Suppose $G$ is a finite group. Then let’s define $s(G) := \Sigma_{g \in G} ord(g)$ as the sum of orders of all elements of $G$.

My question is:

Suppose $G$ and $H$ are two finite groups, such that $|H| = |G|$ and $s(H) = s(G)$. Does that always mean that $G \cong H$?

This statement seems to be true for groups of order up to $12$

For $1$, $2$, $3$, $5$, $7$ and $11$ this is obvious as there is only one isomorphism class of groups of each of these orders.

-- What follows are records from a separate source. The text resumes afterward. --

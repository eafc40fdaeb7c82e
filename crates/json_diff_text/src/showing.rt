//! A document as a tree, with the numeral in the place of each number.

ghost use Rattle.std.specs.Prelude.{◌≡◌, IfOk};
ghost use Rattle.json.specs.Value.{items_view as tree_items_view, members_view as tree_members_view, value_view};
ghost use Rattle.serde_json.specs.View.{items_view, members_view, number_view, view};
ghost use Rattle.json_diff_text.specs.Numerals.{numeral, tree_items, tree_members, tree_of};
ghost use Rattle.json_diff_text.specs.Tables.{numerals_in};

use json::Value as Tree;
use serde_json::{Map, Number, Value};
use std::alloc::{AllocError, Global};

/// The numeral for which a number stands.
fn numeral<'v>(number: &Number, texts: &'v Vec<String>) -> &'v str
    ensures { result.now ≡ numeral (numerals_in texts.now.items) (number_view number.now) }
{
    let Some(place) = number.as_u64() else {
        return "0";
    };
    match usize::try_from(place) {
        Ok(place) if place < texts.len() => texts[place].as_str(),
        _ => "0",
    }
}

/// The tree, over the document's strings and the numerals.
#[cycle(showing)]
pub(crate) fn shown<'v>(
    alloc: Global,
    value: &'v Value,
    texts: &'v Vec<String>,
) -> Result<Tree<'v>, AllocError>
    ensures { IfOk result (λ tree. value_view tree ≡ tree_of (numerals_in texts.now.items) (view value.now)) }
{
    match value {
        Value::Null => Ok(Tree::Null),
        Value::Bool(b) => Ok(Tree::Bool(*b)),
        Value::Number(number) => Ok(Tree::Number(numeral(number, texts))),
        Value::String(text) => Ok(Tree::String(text.as_str())),
        Value::Array(items) => Ok(Tree::Array(shown_items(alloc, items, texts)?)),
        Value::Object(members) => Ok(Tree::Object(shown_members(alloc, members, texts)?)),
    }
}

#[cycle(showing)]
fn shown_items<'v>(
    alloc: Global,
    items: &'v Vec<Value>,
    texts: &'v Vec<String>,
) -> Result<Vec<Tree<'v>>, AllocError>
    ensures { IfOk result (λ trees. tree_items_view trees.items
        ≡ tree_items (numerals_in texts.now.items) (items_view items.now.items)) }
{
    let mut trees = Vec::with_capacity(alloc, items.len())?;
    for item in items {
        trees.push(shown(alloc, item, texts)?)?;
    }
    Ok(trees)
}

#[cycle(showing)]
fn shown_members<'v>(
    alloc: Global,
    members: &'v Map<String, Value>,
    texts: &'v Vec<String>,
) -> Result<Vec<(&'v str, Tree<'v>)>, AllocError>
    ensures { IfOk result (λ trees. tree_members_view trees.items
        ≡ tree_members (numerals_in texts.now.items) (members_view members.now.entries)) }
{
    let mut trees = Vec::with_capacity(alloc, members.len())?;
    for (name, member) in members {
        trees.push((name.as_str(), shown(alloc, member, texts)?))?;
    }
    Ok(trees)
}
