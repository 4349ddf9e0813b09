// No code: the general mathematics that the other crates cite. Definitions are in specs/, laws in proofs/.
#![tactic(auto)]
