//! Lists of elements of a field that are written in place, as a product made row by row does.
ghost use Rattle.std.specs.Prelude.{◌≡◌, ℕ, ◌+◌, ◌<◌, ◌≤◌, ◌↔◌, IfOk, IsTrue, OnOk, length, true};
ghost use Rattle.ring_core.specs.Ring.{IsElem};
ghost use Rattle.ring_core.specs.Coeffs.{coeff, trim, are_elems, first_values};

use super::field::{E, Field};
use super::lists::coeff_at;
use super::memory::NoMemory;
use std::alloc::Global;

/// The list of `n` zeros.
pub fn zero_list<K: Field>(alloc: Global, field: &K, n: usize) -> Result<Vec<E<K>>, NoMemory>
    ensures value { IfOk result (λ v. v.items ≡ first_values n (λ i. (K.ops field.now).zero)) }
    ensures elems { IfOk result (λ v. are_elems (K.ops field.now) v.items ≡ true) }
{
    let mut zeros = Vec::with_capacity(alloc, n)?;
    for i in 0..n {
        let zero = field.zero();
        zeros.push(zero)?;
    }
    Ok(zeros)
}

/// Puts zeros at the end of the list until it has `n` members. Where memory is refused, some of them may stand there.
pub fn extend<K: Field>(field: &K, list: &mut Vec<E<K>>, n: usize) -> Result<(), NoMemory>
    requires { are_elems (K.ops field.now) list.old.items ≡ true }
    ensures elems { are_elems (K.ops field.now) list.new.items ≡ true }
    ensures room { OnOk result (n ≤ length list.new.items) }
    ensures coeffs { let r = K.ops field.now in (k : ℕ) → coeff r list.new.items k ≡ coeff r list.old.items k }
    ensures trimmed { let r = K.ops field.now in trim r list.new.items ≡ trim r list.old.items }
{
    for i in list.len()..n {
        let zero = field.zero();
        list.push(zero)?;
    }
    Ok(())
}

/// Adds `c` times `row` to `out`, from the place `i` on: `c row[k]` to `out[i + k]`. Does nothing where `c` is
/// zero, and else what the field's `add_row` does.
pub fn add_scaled<K: Field>(field: &K, out: &mut [E<K>], i: usize, c: E<K>, row: &[E<K>])
    requires room { i + length row.now ≤ length out.old }
    requires out { are_elems (K.ops field.now) out.old ≡ true }
    requires factor { IsElem (K.ops field.now) c }
    requires row { are_elems (K.ops field.now) row.now ≡ true }
    ensures elems { are_elems (K.ops field.now) out.new ≡ true }
    ensures below { let r = K.ops field.now in (k : ℕ) → k < i → coeff r out.new k ≡ coeff r out.old k }
    ensures added { let r = K.ops field.now in
        (k : ℕ) → coeff r out.new (i + k) ≡ r.add (coeff r out.old (i + k)) (r.mul c (coeff r row.now k)) }
{
    let zero = field.zero();
    if field.equal(c, zero) {
        return;
    }
    field.add_row(out, i, c, row);
}

/// Whether all members from the place `n` on are zero.
pub fn is_zero_from<K: Field>(field: &K, n: usize, row: &[E<K>]) -> bool
    requires { are_elems (K.ops field.now) row.now ≡ true }
    ensures { let r = K.ops field.now in IsTrue result ↔ ((k : ℕ) → n ≤ k → coeff r row.now k ≡ r.zero) }
{
    for k in n..row.len() {
        let member = coeff_at(field, row, k);
        let zero = field.zero();
        if !field.equal(member, zero) {
            return false;
        }
    }
    true
}
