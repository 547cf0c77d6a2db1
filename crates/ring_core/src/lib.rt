//! Rings and fields as traits with their laws, and what holds in every ring: powers, and values of
//! polynomials.
#![tactic(auto)]

mod field;
pub mod lists;
mod memory;
mod powers;
pub mod product;
mod ring;
pub mod rows;
mod twisted;

pub use field::{B, E, Field, FrobField};
pub use memory::NoMemory;
pub use powers::{eval, field_power, power, value_of};
pub use ring::{CommRing, Ring};
pub use twisted::TwistedRing;
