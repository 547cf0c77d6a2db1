ghost use Rattle.std.specs.Prelude.{◌≡◌, ℕ, ◌+◌, ◌<◌, ◌≤◌, IfSome, Option, length, true};
ghost use Rattle.ring_core.specs.Ring.{RingOps, IsElem, IsRing};
ghost use Rattle.ring_core.specs.Field.{FrobOps, IsField, IsFrobField};
ghost use Rattle.ring_core.specs.Coeffs.{coeff, are_elems};

/// A field. No operation takes memory, and each answer is an element.
pub trait Field {
    type Elem: Copy;

    /// The operations, of which the contracts of the methods speak.
    ghost ops: { Self → RingOps Self.Elem };

    /// What `inv` answers.
    ghost inv_of: { Self → Self.Elem → Option Self.Elem };

    /// The ring laws of the operations, as the bodies of this trait's own methods cite them: those do not see `laws`.
    ghost ring: { (k : Self) → IsRing (ops k) };

    /// Whether `a` is an element of this field.
    fn is_elem(&self, a: Self::Elem) -> bool
        ensures { result ≡ (ops self.now).is_elem a };

    /// The neutral element of the sum.
    fn zero(&self) -> Self::Elem
        ensures value { result ≡ (ops self.now).zero }
        ensures elem { IsElem (ops self.now) result };

    /// The neutral element of the product.
    fn one(&self) -> Self::Elem
        ensures value { result ≡ (ops self.now).one }
        ensures elem { IsElem (ops self.now) result };

    /// The sum.
    fn add(&self, a: Self::Elem, b: Self::Elem) -> Self::Elem
        requires left { IsElem (ops self.now) a }
        requires right { IsElem (ops self.now) b }
        ensures value { result ≡ (ops self.now).add a b }
        ensures elem { IsElem (ops self.now) result };

    /// The negative.
    fn neg(&self, a: Self::Elem) -> Self::Elem
        requires { IsElem (ops self.now) a }
        ensures value { result ≡ (ops self.now).neg a }
        ensures elem { IsElem (ops self.now) result };

    /// The product.
    fn mul(&self, a: Self::Elem, b: Self::Elem) -> Self::Elem
        requires left { IsElem (ops self.now) a }
        requires right { IsElem (ops self.now) b }
        ensures value { result ≡ (ops self.now).mul a b }
        ensures elem { IsElem (ops self.now) result };

    /// The element whose product with `a` is one; None exactly where `a` is zero.
    fn inv(&self, a: Self::Elem) -> Option<Self::Elem>
        requires { IsElem (ops self.now) a }
        ensures value { result ≡ inv_of self.now a }
        ensures elem { IfSome result (IsElem (ops self.now)) };

    /// Whether the two elements are equal.
    fn equal(&self, a: Self::Elem, b: Self::Elem) -> bool
        requires left { IsElem (ops self.now) a }
        requires right { IsElem (ops self.now) b }
        ensures { result ≡ (ops self.now).same a b };

    /// Adds `c` times `row` to `out`, from the place `i` on: `c row[k]` to `out[i + k]`. This body makes one
    /// product for each member of `row`; a field may have a faster one.
    fn add_row(&self, out: &mut [Self::Elem], i: usize, c: Self::Elem, row: &[Self::Elem])
        requires room { i + length row.now ≤ length out.old }
        requires out { are_elems (ops self.now) out.old ≡ true }
        requires factor { IsElem (ops self.now) c }
        requires row { are_elems (ops self.now) row.now ≡ true }
        ensures elems { are_elems (ops self.now) out.new ≡ true }
        ensures below { let r = ops self.now in (k : ℕ) → k < i → coeff r out.new k ≡ coeff r out.old k }
        ensures added { let r = ops self.now in
            (k : ℕ) → coeff r out.new (i + k) ≡ r.add (coeff r out.old (i + k)) (r.mul c (coeff r row.now k)) }
    {
        for j in 0..row.len() {
            let term = self.mul(c, row[j]);
            out[i + j] = self.add(out[i + j], term);
        }
    }

    ghost laws: { (k : Self) → IsField (ops k) (inv_of k) };
}

/// The elements of the field `K`.
pub type E<K> = <K as Field>::Elem;

/// The elements of the base of the field `K`.
pub type B<K> = <<K as FrobField>::Base as Field>::Elem;

/// A field of finite degree over a base field with `q` elements, with its Frobenius, the power `q`,
/// and with coordinates over the base. No operation takes memory.
pub trait FrobField: Field {
    type Base: Field;

    ghost base_of: { Self → Self.Base };

    /// The operations that a field over a base has beside those of a field.
    ghost frob_ops: { Self → FrobOps Self.Elem Self.Base.Elem };

    /// The base field.
    fn base(&self) -> &Self::Base
        ensures { result.now ≡ base_of self.now };

    /// The degree over the base, from 1 to 16.
    fn degree(&self) -> usize
        ensures { result ≡ (frob_ops self.now).degree };

    /// The element that `b` of the base is in this field.
    fn embed(&self, b: B<Self>) -> Self::Elem
        requires { IsElem (Self.Base.ops (base_of self.now)) b }
        ensures value { result ≡ (frob_ops self.now).embed b }
        ensures elem { IsElem (Self.ops self.now) result };

    /// The power of `c` by `q^i`, where the base has `q` elements.
    fn frob(&self, c: Self::Elem, i: usize) -> Self::Elem
        requires { IsElem (Self.ops self.now) c }
        ensures value { result ≡ (frob_ops self.now).frob c i }
        ensures elem { IsElem (Self.ops self.now) result };

    /// Coordinate `j` of `c` over the base.
    fn coord(&self, c: Self::Elem, j: usize) -> B<Self>
        requires elem { IsElem (Self.ops self.now) c }
        requires place { j < (frob_ops self.now).degree }
        ensures value { result ≡ (frob_ops self.now).coord c j }
        ensures elem { IsElem (Self.Base.ops (base_of self.now)) result };

    /// The element with these coordinates, of which there are `degree` many.
    fn of_coords(&self, list: &[B<Self>]) -> Self::Elem
        requires elems { are_elems (Self.Base.ops (base_of self.now)) list.now ≡ true }
        requires places { length list.now ≡ (frob_ops self.now).degree }
        ensures value { result ≡ (frob_ops self.now).of_coords list.now }
        ensures elem { IsElem (Self.ops self.now) result };

    ghost frob_laws: { (k : Self) → IsFrobField (Self.ops k) (Self.Base.ops (base_of k)) (frob_ops k) };
}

For $4$: $$s(C_4)=11$$ $$s(C_2 \times C_2) = 7$$

For $6$: $$s(C_6) = 21$$ $$s(S_3) = 13$$

For $8$: $$s(C_8) = 43$$ $$s(C_4 \times C_2) = 23$$ $$s(C_2\times C_2\times C_2 ) = 15$$ $$s(D_4) = 19$$ $$s(Q_8) = 27$$

For $9$: $$s(C_9) = 61$$ $$s(C_3 \times C_3) = 25$$

For $10$: $$s(C_{10}) = 63$$ $$s(D_5) = 31$$

But is it true in general?

Answer 1

You cannot distinguish between finite groups using just orders of elements. For example, $\mathtt{SmallGroup}(16,5)$ and $\mathtt{SmallGroup}(16,6)$ both have 1,3,4 and 8 elements of orders 1,2,4,8, respectively.

These groups are respectively $C_8 \times C_2$ and $\langle x,y \mid x^8=y^2=1, y^{-1}xy=x^5 \rangle$.